Independent skill track. Add to any training day. Goal: one-arm dead hang.
How to use this page: Pick ONE focus level (your current challenge). Do 3 sets of it at the end of any training session — grip recovers fast so 3-5x/week is fine. You can warm up with an easier level first. Advance when you hit the "advance when" criteria for 2 sessions in a row.

Prerequisites Check

1. Shoulder Stability — can you hang with active shoulders for 10 seconds?
Active vs passive: Active hang = shoulders pulled DOWN away from ears while hanging. You'll feel your lats engage. Passive hang = hanging limp, shoulders shrugged up to ears. Passive is fine for decompression but doesn't build useful grip. Always hang active for these progressions.
How to test: Hang from the bar. Actively pull shoulders down (think: opposite of shrugging). If you can't hold that position for 10 sec, practice it before progressing.
2. No Elbow/Wrist Pain — if hanging hurts your elbows, check grip width (slightly wider than shoulders). Wrist pain: neutral grip (palms facing) on the power tower handles may be more comfortable.
Grip width: Slightly wider than shoulders. Hands should be roughly above the outside edges of your shoulders. Too narrow = wrist strain. Too wide = shoulder strain.
3. Basic Pull Capacity — you can do 15-18 strict pull-ups, so this isn't a concern. Grip is the weak link, not pulling strength.
How to assess hand asymmetry: Time your dead hangs per hand separately. Hang from your right hand (use strap/assist on left for safety), then switch. If one side fails 5+ sec earlier, that's your weak hand. Even without one-arm ability, the asymmetric hang (level 3) will reveal it — the weak hand will fatigue noticeably faster when it's the 70% hand.
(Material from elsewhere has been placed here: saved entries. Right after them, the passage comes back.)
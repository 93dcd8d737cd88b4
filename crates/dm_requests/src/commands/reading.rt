//! Reading a typed line as a debugger command.

ghost use Rattle.std.specs.Prelude.{◌≡◌};
ghost use Rattle.dm_requests.specs.commands.Commands.{alone, with_one, with_two, command_of};

use crate::commands::command::Command;
use crate::commands::names::{CommandName, read_name};
use crate::commands::numbers::{read_address, read_bytes, read_number, read_up_to};
use crate::commands::words::next_word;

/// The largest number of instructions that one U lists, and of steps that one T makes.
const MOST_LINES: u32 = 0x1000;

/// The largest number of bytes that one D lists.
const MOST_BYTES: u32 = 0x1_0000;

/// The command of a line with a name and nothing after it, with defaults for the numbers of G and T; None if the name
/// needs more.
fn alone(name: CommandName) -> Option<Command>
    ensures { result ≡ alone name }
{
    match name {
        CommandName::Registers => Some(Command::Registers),
        CommandName::Arena => Some(Command::Arena),
        CommandName::Pages => Some(Command::Pages),
        CommandName::Extended => Some(Command::Extended),
        CommandName::Go => Some(Command::Go(0xFF_FFFF)),
        CommandName::Trace => Some(Command::Trace(1)),
        CommandName::Breakpoints => Some(Command::Breakpoints),
        CommandName::Output => Some(Command::Output),
        _ => None,
    }
}

/// The command of a line with a name and one word after it, with a default for the count of U and D; None if there is
/// no such command.
fn with_one(name: CommandName, word: &[u8]) -> Option<Command>
    ensures { result ≡ with_one name word.now }
{
    match name {
        CommandName::Unassemble => Some(Command::Unassemble(read_address(word)?, 8)),
        CommandName::Dump => Some(Command::Dump(read_address(word)?, 0x80)),
        CommandName::Go => Some(Command::Go(read_number(word)?)),
        CommandName::Trace => Some(Command::Trace(read_up_to(word, MOST_LINES)? as u16)),
        CommandName::Break => Some(Command::Break(read_address(word)?)),
        CommandName::Clear => Some(Command::Clear(read_address(word)?)),
        _ => None,
    }
}

/// The command of a line with a name (U, D or E), an address and one more word; None if there is no such command.
fn with_two(name: CommandName, first: &[u8], second: &[u8]) -> Option<Command>
    ensures { result ≡ with_two name first.now second.now }
{
    let address = read_address(first)?;
    match name {
        CommandName::Unassemble => {
            let count = read_up_to(second, MOST_LINES)?;
            Some(Command::Unassemble(address, count as u16))
        }
        CommandName::Dump => {
            let length = read_up_to(second, MOST_BYTES)?;
            Some(Command::Dump(address, length))
        }
        CommandName::Enter => {
            let bytes = read_bytes(second)?;
            Some(Command::Enter(address, bytes))
        }
        _ => None,
    }
}

/// The command that a line asks for; None if it is no command. `line` has no line end.
///
/// Words are separated by spaces, of which there may be several, at the ends too. Letters are in either case, and
/// numbers are hexadecimal with one to eight digits. Segments and offsets are at most FFFFh, listed instructions and
/// traced steps at most 1000h, listed bytes at most 10000h. The bytes of E are one word of 1 to 64 pairs of digits. A
/// number that is left out is 8 for U, 80h for D, FFFFFFh for G and 1 for T.
pub fn read_command(line: &[u8]) -> Option<Command>
    ensures { result ≡ command_of line.now }
{
    let (word, rest) = next_word(line)?;
    let name = read_name(word)?;
    let Some((first, rest)) = next_word(rest) else {
        return alone(name);
    };
    let Some((second, rest)) = next_word(rest) else {
        return with_one(name, first);
    };
    match next_word(rest) {
        Some(_) => None,
        None => with_two(name, first, second),
    }
}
Progression Chain — work top to bottom

1
Two-Arm Dead Hang baseline
3 x max hold (goal: 60s)
Why for YOU: Baseline grip endurance. Also shoulder decompression and passive thoracic stretch — three benefits in one. Your current goal is 90 seconds. Once you can hold 60s consistently, fat grip is more productive than chasing longer holds.
  1. Overhand grip, shoulder-width or slightly wider.
  2. Active shoulders — pull shoulder blades down (packed position).
  3. Hang for max time. Record each set.
  4. 3 sets with 90-120s rest between.
  5. When all 3 sets hit 60s: move to fat grip.
Key cue: "Active shoulder — keep hanging shoulder pulled DOWN, not shrugged to ear." The packed position protects the joint and builds useful strength.
Feels right: Forearms burning, fingers slowly peeling open. Shoulders feel stretched but stable (pulled down, not shrugged). When you drop, your forearms should feel pumped and tight.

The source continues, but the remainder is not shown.